Fiona’s still playing Queen, and Baz is humming along. We stop at a Macca’s about half an hour into the drive, and I stay in the car while Fiona runs in to get all of us something to eat, especially Baz, who looks like he hasn’t eaten since he was kidnapped. I stay in the car, with Baz. Apparently Fiona has something against drive-thrus. Or, maybe, she’s actually being observant and decent, and giving us some time alone.
While she’s gone, I find Baz’s hand. It’s cold, and covered in barely-visible scars from all the scratches Fiona healed. The scars will fade, soon.
The tips of his fingernails are rough, and a trickle of cold runs down my spine when I realise it’s because he had scratched at the inside of the lid of the coffin, to no avail. Suddenly, I can’t breathe, at the thought of him trying to escape, and not being able to, and waiting for help for so so long, and—
“Hey.
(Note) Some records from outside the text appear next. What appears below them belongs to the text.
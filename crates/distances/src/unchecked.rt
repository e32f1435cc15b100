// For callers that have tested the topology and the destination, and laid out the arcs.
ghost use Rattle.std.specs.Prelude.{◌≡◌, ◌<◌, ◌≤◌, ltb, length};
ghost use Rattle.network.specs.Lists.{keep};
ghost use Rattle.topology_types.specs.Limits.{most_routers};
ghost use Rattle.topology_types.specs.declared.Topology.{Topology};
ghost use Rattle.topology_types.specs.Topology.{network_of};
ghost use Rattle.distances.specs.Inner.{LaidIn, Settled};

use super::settling;
use arcs::Arcs;
use topology_types::{Place, ROUTERS};

// One more than the greatest cost: n times this is more than any path costs that visits no router of n twice, and stands for an absent distance.
// It is a number and no Option, as in the definitions: then the least of sums needs no test for it.
pub const STEP: u32 = 65536;

// The distances to the destination, by place; absent where there is no path (02, #107). Routers are settled from the destination on, against the direction of
// travel, so what is read is what the way back over each arc costs. They are those of every topology of n routers that has these arcs.
pub fn to(a: &Arcs, n: usize, destination: Place) -> [u32; ROUTERS]
    requires { ((t : Topology) × LaidIn t a.now n) × (destination.0 < n) }
    ensures { (t : Topology) → LaidIn t a.now n → Settled (network_of t) destination.0 result }
{
    let mut ds = settling::first(n, destination.index());
    let mut marks = settling::places();
    for _ in 0..n {
        let u = settling::nearest(&ds, &marks, n);
        marks[u] = settling::SETTLED;
        let here = ds[u];
        settling::relax(&mut ds, a.at(u), here);
    }
    ds
}

// How many of these numbers are lower than this one. An index loop, cut at ROUTERS, which the numbers never exceed: so the compiler unrolls it, and takes many
// numbers at a time. With `filter` and `count` a whole order took half as long again, with the slice gone through as it is 3 in 100 more instructions.
pub fn lower_than(numbers: &[u32], limit: u32) -> u32
    requires { length numbers.now ≤ most_routers }
    ensures { result ≡ length (keep (λ x. ltb x limit) numbers.now) }
{
    let mut lower = 0;
    for v in 0..numbers.len().min(ROUTERS) {
        if numbers[v] < limit {
            lower += 1;
        }
    }
    lower
}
What are you thinking, Snow?”
“It’s just— I don’t know, Baz, I—”
“Look at me, Simon.”
I do. His eyes don’t look so grey, like they did when we first got him out. Now they look silver.
“I’m fine. Or, I will be. We’re fine. We can go back to school, and to our room, and everything will go back to normal. Alright?”
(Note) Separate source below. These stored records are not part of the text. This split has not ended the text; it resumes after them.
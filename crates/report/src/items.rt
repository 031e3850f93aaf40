// The items of a connection, each behind a line that says where it stands. Bytes are counted from 0.
ghost use Rattle.std.specs.Prelude.{◌≡◌};
ghost use Rattle.connection.specs.Feeding.{item_refusal};

use crate::{Judged, refuse, say_imei, show_command, show_packet};
use connection::Item;
use say::say;
use wire::Refusal;

// What a feed told of the bytes `s`, which it used from `at` on, and left in `packet`; the number of
// the refusal, 0 if none.
pub fn say_item(
    rt: &(impl Print + Eprint),
    family: usize,
    item: Item,
    at: usize,
    s: &[u8],
    packet: &[u8],
) -> usize
    ensures { result ≡ (item_refusal item).number }
{
    match item {
        Item::More => 0,
        Item::Login(imei) => {
            say_place(rt, at, s.len());
            say_imei(rt, imei);
            0
        }
        Item::Packet(n) => {
            say_place(rt, at, s.len());
            if let Some(whole) = packet.get(..n) {
                say_whole(rt, family, whole);
            }
            0
        }
        Item::Refused(r) => {
            say_place(rt, at, s.len());
            refuse_item(rt, s, r)
        }
    }
}

fn say_place(rt: &(impl Print + Eprint), at: usize, size: usize) {
    say(
        rt,
        b"-- from byte %1, %1 bytes\n",
        &[at as u64, size as u64],
    );
}

// By its codec, a packet goes by the command rules or by the data rules.
fn say_whole(rt: &(impl Print + Eprint), family: usize, p: &[u8]) -> usize {
    if command::is_command(p) {
        show_command(rt, family, p)
    } else {
        show_packet(rt, family, p)
    }
}

// The refusal of a packet; that of a login, 15, is said alike by both.
fn refuse_item(rt: &(impl Print + Eprint), s: &[u8], r: Refusal) -> usize
    ensures { result ≡ r.number }
{
    let what = if command::is_command(s) {
        Judged::Command
    } else {
        Judged::Packet
    };
    refuse(rt, what, s, r)
}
I don’t know if I want things to go back to normal. Normal, for us, is fighting, and what we have now is something entirely different.
“I know, it’s just, what if we hadn’t found you? I know I said before that we would’ve, eventually, but—”
“But you did. Look, we should talk about this at some point, but right now I just want to be here with you. Alright?”
“Alright.”
He unbuckles his seatbelt, and shifts, grimacing as he moves a little closer to me. He cards his fingers through my hair, before cupping my cheek. I press my forehead to his, and place my hand gently on his chest. I feel his pulse beat under my fingertips, and I let my breathing sync with his. His eyes flutter shut, and he lets his hand fall to the nape of my neck.
I just want to be close to him. Desperately. It’s been too many weeks.
I lean into his touch, and press my lips to his. We’re actually alone, this time, and he sighs into the kiss. I gently bite his lip, the way I know he likes, and the hand that isn’t in my hair tightens on my waist.
Just as I’m about to slip my tongue into his mouth, Fiona pulls open the car door on the driver’s side, and Baz almost jumps away from me.
He yelps, his bad leg jolting in a way that makes even me cringe. Fiona looks at us quizzically.
“Be more careful, Basilton. Can’t have you making that leg even worse. Why did you move, anyway?”
“No reason,” he says, too quickly. I’m blushing. His lips look almost pink, where I bit them. My hair’s a mess, and his looks even messier than it did. She raises an eyebrow at him, and climbs into the front seat, handing us both Big Macs.
I’d have thought we’d gotten away with it, if I didn’t see Fiona wink at Baz in the rear-view mirror. I look at him, and smile a little guiltily. He smiles back.